### Your goal:
This exercise needs the complete data reproduced exactly.

### Listed records:
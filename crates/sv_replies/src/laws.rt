// Laws of replies, for all books.
ghost use Rattle.std.specs.Prelude.{◌≡◌, ◌<◌, ◌≤◌, ◌∷◌, ◌++◌, [], Bool, ℕ, List};
ghost use Rattle.sv_model.specs.After.{After, Continues};
ghost use Rattle.sv_model.specs.Books.{Books};
ghost use Rattle.sv_model.specs.Lawful.{Lawful};
ghost use Rattle.sv_model.specs.Openings.{IsOpening, opening_books};
ghost use Rattle.sv_model.specs.Steady.{Sound};
ghost use Rattle.sv_laws.specs.Changes.{Changes};
ghost use Rattle.sv_script.specs.Answered.{Answered};
ghost use Rattle.sv_script.specs.declared.commands.Command.{Command};
ghost use Rattle.sv_script.specs.declared.replies.Reply.{Reply};
ghost use Rattle.sv_replies.specs.Answers.{Answers};
ghost use Rattle.sv_replies.specs.FrozenActives.{ActivesAreFrozen};
ghost use Rattle.sv_replies.specs.Known.{Known, known_after, learn};
ghost use Rattle.sv_replies.specs.Knows.{Knows};
ghost use Rattle.sv_replies.specs.LanesFit.{LanesFit};
ghost use Rattle.sv_replies.specs.Makes.{Makes, MakesAll, draws_by};
ghost use Rattle.sv_replies.specs.ReplyFits.{ReplyFits};
ghost use Rattle.sv_replies.specs.Settings.{Setting};
ghost use Rattle.sv_replies.specs.Told.{AloneTold, LaneTold, Told};

/// A lane that was told nothing yet knows no more than the books of an opening have.
pub fn replies_that_begin()
    ensures told { (s : Setting) (b : Books) → IsOpening b → Told s b [] }
    ensures lane { (s : Setting) (next : ℕ) → s.lane < 32 → 1 ≤ next → next ≤ 18446744073709551615 → LaneTold s (opening_books next) [] }
    ensures alone { (s : Setting) (next : ℕ) → s.lane < 32 → 1 ≤ next → next ≤ 18446744073709551615 → AloneTold s (opening_books next) [] }
{}

/// A reply that fits lawful books, in which all is that the lane was told, fits all lawful books that come after.
pub fn replies_that_last()
    ensures { (s : Setting) (a b : Books) (k : Known) → Knows a k → Lawful a → Lawful b → After a b
        → (command : Command) (reply : Reply) → ReplyFits s a k command reply → ReplyFits s b k command reply }
{}

/// What a lane was told stays so in all lawful books that come after, and goes on by a reply that fits them.
pub fn replies_that_go_on()
    ensures later { (s : Setting) (a b : Books) (all : List Answered) → Lawful a → Lawful b → After a b → Told s a all → Told s b all }
    ensures push { (s : Setting) (a b : Books) (all : List Answered) (x : Answered) → Lawful a → Lawful b → After a b → Told s a all
        → ReplyFits s b (known_after all) x.command x.reply → Knows b (learn (known_after all) x.command x.reply)
        → Told s b (all ++ x ∷ []) }
    ensures lane { (s : Setting) (a b : Books) (all : List Answered) (x : Answered) → Lawful a → Lawful b → After a b → LaneTold s a all
        → Answers s a b (known_after all) x.command x.reply → LaneTold s b (all ++ x ∷ []) }
    ensures alone { (s : Setting) (a b : Books) (all : List Answered) (x : Answered) → s.lanes ≡ 1 → Lawful a → Lawful b → After a b
        → AloneTold s a all → Answers s a b (known_after all) x.command x.reply → AloneTold s b (all ++ x ∷ []) }
{}

/// What was made adds up, reply by reply.
pub fn replies_that_make()
    ensures none { (a : Books) → MakesAll a a [] }
    ensures push { (a m b : Books) (all : List Answered) (x : Answered) → Continues m.metas b.metas → MakesAll a m all
        → Makes m b x.reply (draws_by x.command x.reply) → MakesAll a b (all ++ x ∷ []) }
{}

/// Where one lane is, its replies fit as those of all lanes.
pub fn replies_of_one_lane()
    ensures { (told : Bool) (b : Books) (all : List Answered) → AloneTold (record { lane = 0; lanes = 1; told = told }) b all
        → LanesFit told b (all ∷ []) }
{}

/// Each SuperVersion's active memtable is that of its family's current or a member of a list: at first, and after each
/// change.
pub fn actives_that_freeze()
    ensures first { (next : ℕ) → ActivesAreFrozen (opening_books next) }
    ensures kept { (a b : Books) → Sound a → ActivesAreFrozen a → Changes a b → ActivesAreFrozen b }
{}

### Task result:
filename crates/sv_replies/src/laws.rt
// Laws of replies, for all books.
ghost use Rattle.std.specs.Prelude.{◌≡◌, ◌<◌, ◌≤◌, ◌∷◌, ◌++◌, [], Bool, ℕ, List};
ghost use Rattle.sv_model.specs.After.{After, Continues};
ghost use Rattle.sv_model.specs.Books.{Books};
ghost use Rattle.sv_model.specs.Lawful.{Lawful};
ghost use Rattle.sv_model.specs.Openings.{IsOpening, opening_books};
ghost use Rattle.sv_model.specs.Steady.{Sound};
ghost use Rattle.sv_laws.specs.Changes.{Changes};
ghost use Rattle.sv_script.specs.Answered.{Answered};
ghost use Rattle.sv_script.specs.declared.commands.Command.{Command};
ghost use Rattle.sv_script.specs.declared.replies.Reply.{Reply};
ghost use Rattle.sv_replies.specs.Answers.{Answers};
ghost use Rattle.sv_replies.specs.FrozenActives.{ActivesAreFrozen};
ghost use Rattle.sv_replies.specs.Known.{Known, known_after, learn};
ghost use Rattle.sv_replies.specs.Knows.{Knows};
ghost use Rattle.sv_replies.specs.LanesFit.{LanesFit};
ghost use Rattle.sv_replies.specs.Makes.{Makes, MakesAll, draws_by};
ghost use Rattle.sv_replies.specs.ReplyFits.{ReplyFits};
ghost use Rattle.sv_replies.specs.Settings.{Setting};
ghost use Rattle.sv_replies.specs.Told.{AloneTold, LaneTold, Told};

/// A lane that was told nothing yet knows no more than the books of an opening have.
pub fn replies_that_begin()
    ensures told { (s : Setting) (b : Books) → IsOpening b → Told s b [] }
    ensures lane { (s : Setting) (next : ℕ) → s.lane < 32 → 1 ≤ next → next ≤ 18446744073709551615 → LaneTold s (opening_books next) [] }
    ensures alone { (s : Setting) (next : ℕ) → s.lane < 32 → 1 ≤ next → next ≤ 18446744073709551615 → AloneTold s (opening_books next) [] }
{}

/// A reply that fits lawful books, in which all is that the lane was told, fits all lawful books that come after.
pub fn replies_that_last()
    ensures { (s : Setting) (a b : Books) (k : Known) → Knows a k → Lawful a → Lawful b → After a b
        → (command : Command) (reply : Reply) → ReplyFits s a k command reply → ReplyFits s b k command reply }
{}

/// What a lane was told stays so in all lawful books that come after, and goes on by a reply that fits them.
pub fn replies_that_go_on()
    ensures later { (s : Setting) (a b : Books) (all : List Answered) → Lawful a → Lawful b → After a b → Told s a all → Told s b all }
    ensures push { (s : Setting) (a b : Books) (all : List Answered) (x : Answered) → Lawful a → Lawful b → After a b → Told s a all
        → ReplyFits s b (known_after all) x.command x.reply → Knows b (learn (known_after all) x.command x.reply)
        → Told s b (all ++ x ∷ []) }
    ensures lane { (s : Setting) (a b : Books) (all : List Answered) (x : Answered) → Lawful a → Lawful b → After a b → LaneTold s a all
        → Answers s a b (known_after all) x.command x.reply → LaneTold s b (all ++ x ∷ []) }
    ensures alone { (s : Setting) (a b : Books) (all : List Answered) (x : Answered) → s.lanes ≡ 1 → Lawful a → Lawful b → After a b
        → AloneTold s a all → Answers s a b (known_after all) x.command x.reply → AloneTold s b (all ++ x ∷ []) }
{}

/// What was made adds up, reply by reply.
pub fn replies_that_make()
    ensures none { (a : Books) → MakesAll a a [] }
    ensures push { (a m b : Books) (all : List Answered) (x : Answered) → Continues m.metas b.metas → MakesAll a m all
        → Makes m b x.reply (draws_by x.command x.reply) → MakesAll a b (all ++ x ∷ []) }
{}

/// Where one lane is, its replies fit as those of all lanes.
pub fn replies_of_one_lane()
    ensures { (told : Bool) (b : Books) (all : List Answered) → AloneTold (record { lane = 0; lanes = 1; told = told }) b all
        → LanesFit told b (all ∷ []) }
{}

/// Each SuperVersion's active memtable is that of its family's current or a member of a list: at first, and after each
/// change.
pub fn actives_that_freeze()
    ensures first { (next : ℕ) → ActivesAreFrozen (opening_books next) }
    ensures kept { (a b : Books) → Sound a → ActivesAreFrozen a → Changes a b → ActivesAreFrozen b }
{}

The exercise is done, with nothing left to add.